Find a partner. On the people page the partner should have:

  • First Post
    • Should have a well-formatted title
    • Should display the author’s github name
    • Should be formatted like a post
  • Turtlehacks Post
    • Should have a well-formatted title
    • Should display the author’s github name
    • Should be formatted like a post

Go to our class repo’s Pull Requests tab. Filter by your partner’s name. Their Exercises Pull request: - Should have a well-formatted pull request title - Should have well-formatted YAML header with the correct author (their github name) and layout: post - Should include three trinkets - Should be in a file that’s in their subfolder, titled correctly.

Note: If you can’t find their post on the people page, there’s likely something wrong with their author: metadata field. Look on the main posts page for the post.

If any of these things are missing, Open an Issue, no more than one issue per assignment. Title it intelligibly, something like “@classmate’s Turtle post title needs spaces”. If there are multiple issues, you can be broader, like “Formatting issues with @classmate’s Turtle post”. In the issue, list the things that are missing. You can make checkboxes if needed like this:

- [ ] A checkbox item

Be helpful and let your partner know some details of how to fix the error. Here’s one I did recently that a student fixed.

@mention your partner on the issue. Once you all have commit access we’ll assign issues.

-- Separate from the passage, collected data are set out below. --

// The generated names of a lowered program.

ghost use Rattle.std.specs.Prelude.{◌≡◌, [], IfOk};
ghost use Rattle.std.specs.Str.{chars};
ghost use Rattle.es_steps.specs.Context as spec;

use crate::spellings::{
    by_number, generated_among, is_private_among, spelling_number, spellings_of,
};
use es_base::ledger::{GeneratedKind, LedgerEntry};
use es_binding_faults::leasts::Leasts;
use es_grouped::Grouped;
use std::alloc::{AllocError, Global};
use std::marker::Model;

/// The generated names of a lowered program, which contracts see as a list. To look one up takes the same time however many there are.
#[derive(Drop)]
pub struct Ledger<'a> {
    entries: &'a [LedgerEntry],
    spellings: Leasts<'a>,
    by_number: Grouped<&'a LedgerEntry>,
}

impl<'a> Model for Ledger<'a> {
    ghost use Rattle.std.specs.Prelude.{◌≡◌, ℕ, List};
    ghost use Rattle.es_base.specs.declared.ledger.LedgerEntry.{LedgerEntry};
    ghost use Rattle.es_grouped.specs.Groups.{group, having};
    ghost use Rattle.es_generated.specs.Spellings.{entries_of, numbered_names};

    ghost Value = { List LedgerEntry };

    ghost view = { λ l. l.entries.now };

    ghost invariant = { λ l. (m : ℕ) → entries_of (group m l.by_number) ≡ having m (numbered_names l.spellings l.entries.now) };
}

impl<'a> Ledger<'a> {
    /// None. Takes no memory.
    pub fn new(alloc: Global) -> Ledger<'a>
        ensures { result ≡ [] }
    {
        Ledger {
            entries: &[],
            spellings: Leasts::new(alloc),
            by_number: Grouped::new(alloc),
        }
    }

    /// These. Fails on allocation failure alone.
    pub fn of(alloc: Global, entries: &'a [LedgerEntry]) -> Result<Ledger<'a>, AllocError>
        ensures { IfOk result (λ l. l ≡ entries.now) }
    {
        let spellings = spellings_of(alloc, entries)?;
        let by_number = by_number(alloc, &spellings, entries)?;
        Ok(Ledger {
            entries,
            spellings,
            by_number,
        })
    }

    /// All of them, in their order.
    pub fn entries(&self) -> &'a [LedgerEntry]
        ensures { result.now ≡ self.now }
    {
        self.entries
    }

    /// What a name was generated as, if it was, and not as a private name.
    #[tactic(auto, using(crate::proofs::NumberedNames::generated_by_number))]
    pub fn generated_as(&self, name: &str) -> Option<GeneratedKind>
        ensures { result ≡ spec.generated_as (chars name.now) self.now }
    {
        let number = spelling_number(name, &self.spellings);
        generated_among(name, self.by_number.get(number))
    }

    /// Whether the name of an identifier was generated.
    pub fn is_generated(&self, name: &str) -> bool
        ensures { result ≡ spec.is_generated (chars name.now) self.now }
    {
        self.generated_as(name).is_some()
    }

    /// Whether a private name of this spelling was generated for a class.
    #[tactic(auto, using(crate::proofs::NumberedNames::private_by_number))]
    pub fn is_generated_private(&self, name: &str, class: u32) -> bool
        ensures { result ≡ spec.is_generated_private (chars name.now) class self.now }
    {
        is_private_among(name, class, self.by_number.get(class))
    }
}
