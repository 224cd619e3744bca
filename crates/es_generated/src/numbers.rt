// Numbers of nodes.

ghost use Rattle.std.specs.Prelude.{◌≡◌};
ghost use Rattle.es_base.specs.Numbered as numbered;
ghost use Rattle.es_steps.specs.References as references;

/// Whether the number is that of a node that is new: at least the first one.
pub fn is_new(first: u32, number: u32) -> bool
    ensures { result ≡ numbered.is_new first number }
{
    first <= number
}

/// Whether the number is among these.
pub fn has_number(number: u32, numbers: &[u32]) -> bool
    ensures { result ≡ references.has_number number numbers.now }
{
    for other in numbers {
        if number == *other {
            return true;
        }
    }
    false
}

Handling Issues Assigned to You

If your partner found an issue, no worries! You have all the tools you need to fix it. Using the class notes, how-to sections and/or assignments, fix the issue via a pull request. In your pull request title or description, include the phrase “Fixes XX”, where XX is the number of the issue. This will create a link between your PR and the issue AND when the PR gets merged it will automatically close the issue. Neat!

In the beginning, issues won’t count against you. We’re still gettting the hang of things. If you have open issues from me or a classmate, learn why they happened and next time make sure to doublecheck those specific things. A large part of being successful in programming is paying attention to details, which often just means slowing down and/or using internal checkists for yourself.

But as the semester goes on, just like in a professional setting, creating extra work for your peers by doing low quality work will start to negatively impact my assessement of your work. So think of these first issues as FYIs of the things you’re still learning. Soon you’ll be expected to get all of this right every time so that we can focus on the content of your posts.

Github Questions

What’s a commit?

  • A set of line-by-line changes to one or more files in a git repository

What’s a branch?

  • A version of your source code. More precisely, it’s a sequnce of *commits that leads to the branch’s current state.

What’s the gh-pages branch?

  • Where Github looks to automatically build a site

What’s a Pull Request?

  • A social wrapper around the comparison between two branches designed to prepare for merging changes

What’s a Merge?

  • A process of incorporating the commits from one branch into another. Usually done from a Pull Request but also doable from the command line.

What’s a merge conflict?

  • When two or more commits specify changes to a single line of a file. These changes can’t be automatically integrated without potentially using work, so humans need to specify what should happen.

Fix Issues (~10 minutes)

A little in-class time to fix any outstanding issues.